• Stored data:
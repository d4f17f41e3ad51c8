//! Writing a circuit.
ghost use Rattle.std.specs.Prelude.{◌≡◌, ◌∷◌, ◌++◌, [], map, decimal, OnOk, IfOk};
ghost use Rattle.circuit_file.specs.CircuitTexts.{operation_name, spaced, parts_text, lines_text, gate_numbers, gate_parts, circuit_text};

use circuit_model::{Circuit, Gate, Operation};
use itoa::Buffer;
use std::alloc::{AllocError, Global};

fn push(text: &mut Vec<u8>, bytes: &[u8]) -> Result<(), AllocError>
    ensures { OnOk result (text.new.items ≡ text.old.items ++ bytes.now) }
{
    text.extend_from_slice(bytes)
}

fn push_number(text: &mut Vec<u8>, number: u64) -> Result<(), AllocError>
    ensures { OnOk result (text.new.items ≡ text.old.items ++ decimal number) }
{
    push(text, Buffer::new().format(number).as_bytes())
}

/// Adds numbers, each after a space.
fn push_spaced(text: &mut Vec<u8>, numbers: &[u64]) -> Result<(), AllocError>
    ensures { OnOk result (text.new.items ≡ text.old.items ++ spaced (map decimal numbers.now)) }
{
    for number in numbers {
        push(text, b" ")?;
        push_number(text, *number)?;
    }
    Ok(())
}

/// Adds numbers separated by a space.
fn push_numbers(text: &mut Vec<u8>, first: u64, others: &[u64]) -> Result<(), AllocError>
    ensures { OnOk result (text.new.items ≡ text.old.items ++ parts_text (map decimal (first ∷ others.now))) }
{
    push_number(text, first)?;
    push_spaced(text, others)
}

/// Adds a line of numbers.
fn push_line(text: &mut Vec<u8>, first: u64, others: &[u64]) -> Result<(), AllocError>
    ensures { OnOk result (text.new.items ≡ text.old.items ++ lines_text (map decimal (first ∷ others.now) ∷ [])) }
{
    push_numbers(text, first, others)?;
    push(text, b"\n")
}

/// The name of an operation.
fn operation_name(operation: Operation) -> &'static [u8]
    ensures { result.now ≡ operation_name operation }
{
    match operation {
        Operation::Add => b"ADD",
        Operation::Sub => b"SUB",
        Operation::Neg => b"NEG",
        Operation::Mul => b"MUL",
        Operation::Xor => b"XOR",
        Operation::And => b"AND",
        Operation::Inv => b"INV",
        Operation::Eq => b"EQ",
        Operation::Eqw => b"EQW",
    }
}

/// Adds the numbers of a gate's line.
fn push_gate_numbers(text: &mut Vec<u8>, gate: Gate) -> Result<(), AllocError>
    ensures { OnOk result (text.new.items ≡ text.old.items ++ parts_text (map decimal (gate_numbers gate))) }
{
    let first = u64::from(gate.first);
    let second = u64::from(gate.second);
    let output = u64::from(gate.output);
    if gate.operation.is_constant() {
        push_numbers(text, 1, &[1, gate.constant, output])
    } else if gate.operation.arity() == 2 {
        push_numbers(text, 2, &[1, first, second, output])
    } else {
        push_numbers(text, 1, &[1, first, output])
    }
}

/// Adds the line of a gate.
fn push_gate(text: &mut Vec<u8>, gate: Gate) -> Result<(), AllocError>
    ensures { OnOk result (text.new.items ≡ text.old.items ++ lines_text (gate_parts gate ∷ [])) }
{
    push_gate_numbers(text, gate)?;
    push(text, b" ")?;
    push(text, operation_name(gate.operation))?;
    push(text, b"\n")?;
    Ok(())
}

/// Adds the lines of a circuit's gates.
fn push_gates(text: &mut Vec<u8>, circuit: &Circuit) -> Result<(), AllocError>
    ensures { OnOk result (text.new.items ≡ text.old.items ++ lines_text (map gate_parts circuit.now.gates)) }
{
    for at in 0..circuit.gates() {
        push_gate(text, circuit.gate(at))?;
    }
    Ok(())
}

/// The text of a circuit. A layout that has its operations reads it back.
pub fn write(alloc: Global, circuit: &Circuit) -> Result<Vec<u8>, AllocError>
    ensures { IfOk result (λ text. text.items ≡ circuit_text circuit.now) }
{
    let inputs = circuit.input_widths();
    let outputs = circuit.output_widths();
    let mut text = Vec::new(alloc);
    let wires = u64::from(circuit.wires());
    push_line(&mut text, u64::from(circuit.gates()), &[wires])?;
    push_line(&mut text, inputs.len() as u64, inputs)?;
    push_line(&mut text, outputs.len() as u64, outputs)?;
    push_gates(&mut text, circuit)?;
    Ok(text)
}
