//! The laws of circuit files.
ghost use Rattle.std.specs.Prelude.{◌≡◌, ℕ, ◌<◌, ◌≤◌, List, Ok};
ghost use Rattle.circuit_model.specs.Netlists.{Netlist};
ghost use Rattle.circuit_model.specs.declared.layout.CircuitLayout.{CircuitLayout};
ghost use Rattle.circuit_file.specs.CircuitFiles.{circuit_in};
ghost use Rattle.circuit_file.specs.CircuitTexts.{circuit_text, IsWritable};
ghost use Rattle.circuit_file.specs.Grammar.{HasOneAnswer, StandsFor};

/// For the words of a ring a file stands for a circuit exactly where it has no fault, and for one only.
pub fn each_file_has_one_answer()
    ensures { (layout : CircuitLayout) (bits : ℕ) (bytes : List ℕ) → 0 < bits → bits ≤ 64
        → HasOneAnswer layout bits bytes }
{}

/// The text of a valid circuit stands for it, in a layout that has its operations, and is read back.
pub fn a_written_circuit_is_read_back()
    ensures stands { (layout : CircuitLayout) (c : Netlist) → IsWritable layout c
        → StandsFor layout c.bits (circuit_text c) c }
    ensures read { (layout : CircuitLayout) (c : Netlist) → IsWritable layout c
        → circuit_in layout c.bits (circuit_text c) ≡ Ok c }
{}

• Instructions to follow:
Show all lines above holding "IsWritable".

• Result of this exercise:
ghost use Rattle.circuit_file.specs.CircuitTexts.{circuit_text, IsWritable};
    ensures stands { (layout : CircuitLayout) (c : Netlist) → IsWritable layout c
    ensures read { (layout : CircuitLayout) (c : Netlist) → IsWritable layout c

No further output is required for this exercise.